• EXERCISE GOAL: Find every line in the records that holds the string "program". Copy each one.

• RECORD SET:
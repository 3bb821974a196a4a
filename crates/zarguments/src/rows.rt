//! Worked examples of the definitions. Each clause is one; the bodies do nothing.

ghost use Rattle.std.specs.Prelude.{◌≡◌, [], ◌∷◌, codes, Some, None};
ghost use Rattle.zarguments.specs.support.Rows.{race_asked};

/// Good words: each option has the number that they give, or its default.
pub fn words_give_numbers()
    ensures none { race_asked (codes "zk race") ≡ Some (4 ∷ 100 ∷ []) }
    ensures one { race_asked (codes "zk race --rounds 7") ≡ Some (4 ∷ 7 ∷ []) }
    ensures both { race_asked (codes "zk race --rounds 7 --clients 2") ≡ Some (2 ∷ 7 ∷ []) }
    ensures joined { race_asked (codes "zk race --clients=31") ≡ Some (31 ∷ 100 ∷ []) }
    ensures zeros { race_asked (codes "any race --clients 007") ≡ Some (7 ∷ 100 ∷ []) }
{}

/// Bad words: they give no numbers.
pub fn bad_words_give_none()
    ensures no_subcommand { race_asked (codes "zk") ≡ None }
    ensures another { race_asked (codes "zk script") ≡ None }
    ensures help { race_asked (codes "zk race --help") ≡ None }
    ensures more { race_asked (codes "zk race 7") ≡ None }
    ensures no_number { race_asked (codes "zk race --clients") ≡ None }
    ensures a_word { race_asked (codes "zk race --clients two") ≡ None }
    ensures too_great { race_asked (codes "zk race --clients 65536") ≡ None }
    ensures twice { race_asked (codes "zk race --clients 2 --clients 2") ≡ None }
    ensures unknown { race_asked (codes "zk race --servers 2") ≡ None }
    ensures before { race_asked (codes "zk --clients 2 race") ≡ None }
{}
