//! A run of the program, without its devices.

ghost use Rattle.std.specs.Prelude.{◌≡◌, ◌≤◌, [], codes, Err};
ghost use Rattle.zarguments.specs.Asked.{texts_of};
ghost use Rattle.zdevices.specs.Device.{source_run, sink_run};
ghost use Rattle.zcommand.specs.Asked.{settings_asked};
ghost use Rattle.zarguments.specs.Reporting.{IsReported};
ghost use Rattle.zcommand.specs.Command.{IsPlayedAsAsked, IsCutAndReported};

use crate::words::settings;
use std::alloc::Global;
use zarguments::{WordsFault, refuse, tell};
use zscript::{Sink, Source, play};

/// Does what the words ask for, reports a fault on `faults`, and returns the exit status.
///
/// The status is 0 where the script was played to its end, and 1 after a device's fault or out of
/// memory. It is 2 where the words are not understood. A failure of `faults` changes nothing else.
pub fn command<S: Source, K: Sink, F: Sink>(
    alloc: Global,
    words: &[&str],
    source: &mut S,
    sink: &mut K,
    faults: &mut F,
) -> u8
    ensures status { result ≤ 2 }

    // All was played, by the number of servers that the words ask for, and no fault was reported.
    ensures played { result ≡ 0 → IsPlayedAsAsked (texts_of words.now)
        (source_run S.gave S.failed S.has_ended source.old source.new)
        (sink_run K.took K.failed sink.old sink.new) }
    ensures silent { result ≡ 0 → F.took faults.old [] faults.new }

    // A fault ended the run, and was reported.
    ensures cut { result ≡ 1 → IsCutAndReported (texts_of words.now)
        (source_run S.gave S.failed S.has_ended source.old source.new)
        (sink_run K.took K.failed sink.old sink.new)
        (sink_run F.took F.failed faults.old faults.new) }

    // The words are bad, and nothing was read or written.
    ensures bad { result ≡ 2 → settings_asked (texts_of words.now) ≡ Err WordsFault.BadWords }
    ensures idle { result ≡ 2 → (source.new ≡ source.old) × (sink.new ≡ sink.old) }
    ensures refused { result ≡ 2 → IsReported
        (sink_run F.took F.failed faults.old faults.new) (codes "zk: bad words") }
{
    let last = match settings(alloc, words) {
        Ok(last) => last,
        Err(fault) => return refuse(fault, faults),
    };
    match play(alloc, source, sink, last) {
        Ok(()) => 0,
        Err(fault) => {
            tell(faults, fault.text());
            1
        }
    }
}
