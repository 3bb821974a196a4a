//! A program's words.

ghost use Rattle.std.specs.Prelude.{◌≡◌, IfErr, IfOk, Ok, Some};
ghost use Rattle.zarguments.specs.Asked.{texts_of};
ghost use Rattle.zscript.specs.Servers.{IsServers};
ghost use Rattle.zcommand.specs.Asked.{settings_asked, settings_of, IsFaultOf};

use std::alloc::Global;
use zarguments::{NumberOption, WordsFault, numbers_asked};
use zprotocol::ServerId;

// The option of a script.
static SCRIPT_OPTIONS: [NumberOption; 1] = [NumberOption {
    name: "servers",
    default: "1",
}];

/// Reads `NAME script [--servers N]`, where N is 1 to `MAX_SERVERS`, and 1 if it is not given.
/// Returns the last server of such a chain.
///
/// Everything else is `BadWords`, also a request for help. `Memory` means out of memory, and
/// nothing else.
pub fn settings<'a>(alloc: Global, words: &'a [&'a str]) -> Result<ServerId, WordsFault>
    ensures ok { IfOk result (λ last. settings_asked (texts_of words.now) ≡ Ok last) }
    ensures err { IfErr result (IsFaultOf (texts_of words.now)) }
    ensures few { IfOk result IsServers }
{
    match numbers_asked(alloc, "script", SCRIPT_OPTIONS.as_slice(), words)? {
        Some(numbers) => asked(&numbers),
        None => Err(WordsFault::BadWords),
    }
}

// Returns the last server of the chain that these numbers ask for.
fn asked(numbers: &[u16]) -> Result<ServerId, WordsFault>
    ensures exact { result ≡ settings_of (Some numbers.now) }
    ensures few { IfOk result IsServers }
{
    let [number] = numbers else {
        return Err(WordsFault::BadWords);
    };
    let Ok(number) = u8::try_from(*number) else {
        return Err(WordsFault::BadWords);
    };
    let Some(last) = ServerId::new(number) else {
        return Err(WordsFault::BadWords);
    };
    last.keeps_in_range();
    Ok(last)
}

• TASK ANSWER:
//! A run of the program, without its devices.
//! A program's words.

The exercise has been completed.